■ WHAT TO PRODUCE
Filter out every line below that lacks "AllocError", and copy the rest.

■ Saved data entries
++++++++++++++++++++

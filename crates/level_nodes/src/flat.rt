//! Levels as flat lists: the numbers of nodes on both sides of each level, and all nodes in one list.

ghost use Rattle.std.specs.Prelude.{◌≡◌, ◌^◌, ◌<◌, ◌≤◌, length, IfOk, SomeIff};
ghost use Rattle.level_nodes.specs.FlatLevels.{count_of, count_sum, IsFlat};

use crate::levels::LevelNodes;
use std::alloc::{AllocError, Allocator};
use xet_roots::aggregated_hashes::Node;

/// Returns the numbers of left and right nodes of a level.
pub fn count_of<A: Allocator>(level: &LevelNodes<A>) -> (usize, usize)
    ensures { result ≡ count_of level.now }
{
    (level.left().len(), level.right().len())
}

/// Returns the sum of all counts, if it is at most `usize::MAX`.
pub fn count_sum(counts: &[(usize, usize)]) -> Option<usize>
    ensures { SomeIff result (count_sum counts.now < 2 ^ 64) (count_sum counts.now) }
{
    let mut sum = 0usize;
    'sum: for (left, right) in counts {
        sum = sum.checked_add(*left)?.checked_add(*right)?;
    }
    Some(sum)
}

/// What a flat list of nodes has: levels, and the nodes that are left between their sides.
#[derive(Drop)]
pub struct FlatParts<'n, A: Allocator> {
    pub levels: Vec<LevelNodes<A>, A>,
    pub between: &'n [Node],
}

/// Cuts a list of nodes into levels with these counts, and the nodes between.
pub fn cut_levels<'n, A: Allocator + Clone>(
    alloc: A,
    counts: &[(usize, usize)],
    nodes: &'n [Node],
) -> Result<FlatParts<'n, A>, AllocError>
    requires { count_sum counts.now ≤ length nodes.now }
    ensures { IfOk result (λ parts. IsFlat counts.now nodes.now parts.levels.items parts.between.now) }
{
    let mut levels = Vec::with_capacity(alloc.clone()?, counts.len())?;
    let mut between = nodes;
    'levels: for count in counts {
        let (left, after) = between.split_at(count.0);
        let (inner, right) = after.split_at(after.len() - count.1);
        levels.push(LevelNodes::copied(alloc.clone()?, left, right)?)?;
        between = inner;
    }
    Ok(FlatParts { levels, between })
}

++++++++++++++++++++

■ TASK ANSWER
use std::alloc::{AllocError, Allocator};
) -> Result<FlatParts<'n, A>, AllocError>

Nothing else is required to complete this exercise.